Scenario 2: Real-time Asset Monitoring with Open-Source Telemetry and Messaging

  • Description: The "monitoring for at least one change to the plurality of computer-related hardware devices and recording information associated with the change into the centralized computerized database" (Claim 1/18) is implemented using a real-time, event-driven architecture based on open-source messaging and telemetry standards. For instance, devices can publish their operational status, sensor readings, and detected "changes" to a Kafka or Mosquitto (MQTT broker) topic. An open-source stream processing framework like Apache Flink or Apache Spark Streaming then consumes these messages, filters and processes them (Claim 11/28), and writes the "information associated with the changes" into the "centralized computerized database" (e.g., a PostgreSQL or MongoDB database). This provides "continuous monitoring" and "real-time" recording (Claim 12/29).
  • Open-Source Standard: MQTT (Message Queuing Telemetry Transport) or Kafka (Distributed Streaming Platform) for telemetry and event streaming. Apache Flink or Apache Spark Streaming for real-time data processing. PostgreSQL or MongoDB for the database.

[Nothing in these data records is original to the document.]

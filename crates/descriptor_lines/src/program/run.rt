//! The commands, run.
ghost use Rattle.std.specs.Prelude.{◌≡◌, None, IsTrue, string_bytes, length};
ghost use Rattle.descriptor_lines.specs.Commands.{IsRunnable};
ghost use Rattle.descriptor_lines.specs.LayoutTables.{key_of, layout_named};
ghost use Rattle.descriptor_lines.specs.LineStates.{line_state};
ghost use Rattle.descriptor_lines.specs.Orders.{Limit, Layout as NewLayout, Script, order_of};
ghost use Rattle.descriptor_lines.specs.Programs.{CanAnswer, Does, DoesOrder, RunsAs};
ghost use Rattle.descriptor_script.specs.Scripted.Raw.{script_meaning};
ghost use Rattle.descriptor_script.specs.Sessions.Steps.{StepsTo};

use super::Program;
use crate::answer;
use crate::command::Command;
use crate::device::LineDevice;
use crate::layouts::Layout;
use descriptor_script::{Answer, Command as SessionCommand, Reply, ScriptLayout, Session};
use gpu_descriptor_types::new_pool_size;
use std::alloc::AllocError;
use std::string::String;
use std::vec::Vec;

impl<D: LineDevice> Program<D> {
    /// Runs a command, and puts its answer into the empty text. An error changes nothing.
    pub(super) fn run(
        &mut self,
        command: Command<'_>,
        answer: &mut String,
    ) -> Result<(), AllocError>
        requires can { CanAnswer (string_bytes answer.old) (line_state D.ledger D.script self.old) }
        requires begun { IsTrue self.old.has_begun }
        requires runnable { IsRunnable self.old.layouts command }
        ensures runs { RunsAs (DoesOrder (order_of command.entry)) result (string_bytes answer.new)
            (line_state D.ledger D.script self.old) (line_state D.ledger D.script self.new) }
    {
        match command {
            Command::Limit { max } => self.set_limit(max, answer),
            Command::Layout { name, layout } => self.add_layout(name, layout, answer),
            Command::Size {
                counts,
                total,
                wanted,
            } => {
                let (counts, sets) = new_pool_size(&counts, total, wanted);
                answer::size_answer(answer, &counts, sets)
            }
            Command::Script { script } => self.load(script, answer),
            Command::Alloc { layout, count } => {
                self.ask(SessionCommand::Allocate { layout, count }, answer)
            }
            Command::Free { tickets } => self.ask(SessionCommand::Free { tickets }, answer),
            Command::Cleanup => self.ask(SessionCommand::Cleanup, answer),
            Command::Show => self.show(answer),
        }
    }

    /// Begins with this limit on marked descriptors, and puts the answer into the empty text.
    fn set_limit(&mut self, max: u32, answer: &mut String) -> Result<(), AllocError>
        requires can { CanAnswer (string_bytes answer.old) (line_state D.ledger D.script self.old) }
        requires fresh { length self.old.layouts.by_name.entries ≡ 0 }
        ensures runs { RunsAs (DoesOrder (Limit max)) result (string_bytes answer.new)
            (line_state D.ledger D.script self.old) (line_state D.ledger D.script self.new) }
    {
        writeln!(answer, "limit {max}")?;
        self.session = Session::new(self.alloc, max);
        Ok(())
    }

    /// Keeps a layout, and puts the answer into the empty text.
    fn add_layout(
        &mut self,
        name: &str,
        layout: Layout,
        answer: &mut String,
    ) -> Result<(), AllocError>
        requires can { CanAnswer (string_bytes answer.old) (line_state D.ledger D.script self.old) }
        requires begun { IsTrue self.old.has_begun }
        requires absent { layout_named self.old.layouts name.now ≡ None }
        ensures runs { RunsAs (DoesOrder (NewLayout name.now (key_of layout))) result
            (string_bytes answer.new) (line_state D.ledger D.script self.old)
            (line_state D.ledger D.script self.new) }
    {
        let total = layout.counts.total();
        writeln!(answer, "layout {name} total {total}")?;
        let name = self.layouts.kept_name(name)?;
        self.layouts.reserve()?;
        let Layout { counts, mark } = layout;
        let scripted = ScriptLayout { counts, mark };
        match self.session.add_layout(scripted, counts, scripted.flags()) {
            Ok(_) => {
                self.layouts.push(name, layout);
                Ok(())
            }
            Err(_) => Err(AllocError),
        }
    }

    /// Gives the device a new script, and puts the answer into the empty text.
    fn load(&mut self, script: Vec<Answer>, answer: &mut String) -> Result<(), AllocError>
        requires can { CanAnswer (string_bytes answer.old) (line_state D.ledger D.script self.old) }
        ensures runs { RunsAs (DoesOrder (Script script.items)) result (string_bytes answer.new)
            (line_state D.ledger D.script self.old) (line_state D.ledger D.script self.new) }
    {
        let words = script.len();
        writeln!(answer, "script {words}")?;
        self.device.load(script);
        Ok(())
    }

    /// Runs a command of the session, and puts its answer into the empty text.
    fn ask(&mut self, command: SessionCommand, answer: &mut String) -> Result<(), AllocError>
        requires can { CanAnswer (string_bytes answer.old) (line_state D.ledger D.script self.old) }
        ensures runs { RunsAs (Does (StepsTo script_meaning command)) result
            (string_bytes answer.new) (line_state D.ledger D.script self.old)
            (line_state D.ledger D.script self.new) }
    {
        // The answer has its memory before the command is run.
        answer.reserve(answer::reserve_for(&command))?;
        match self.session.run(&mut self.device, &[command])?.pop() {
            Some(Reply::NoMemory) => Err(AllocError),
            Some(reply) => {
                answer::reply_answer(answer, &self.session, &reply);
                Ok(())
            }
            None => unreachable!(),
        }
    }
}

Scenario 3: Automated Software Application Management using Open-Source Orchestration and Package Managers

  • Description: The "monitoring, updating, or controlling versions of software resident on the computer-related hardware devices" (Claim 16/33) and the "recording information from the transition event" (specifically, software installation/update) are achieved through integration with open-source software orchestration and package management tools. For example, "software application information" (Claim 2/25) and "new asset information" (e.g., pre-approved software builds) are stored in the "centralized computerized database." Ansible, Puppet, or Chef playbooks, managed centrally, are used to define and enforce desired software configurations across the "computer-related hardware devices." When a software update "transition event" occurs, the orchestration tool deploys the new version and updates the centralized database with the new software versions and installation logs. Deviations detected by "monitoring for at least one change" (e.g., unauthorized software installation) can trigger automated remediation via the orchestration tool.
  • Open-Source Standard: Ansible, Puppet, or Chef for configuration management and software deployment. APT, Yum, or npm (Node Package Manager) for managing software packages on the devices.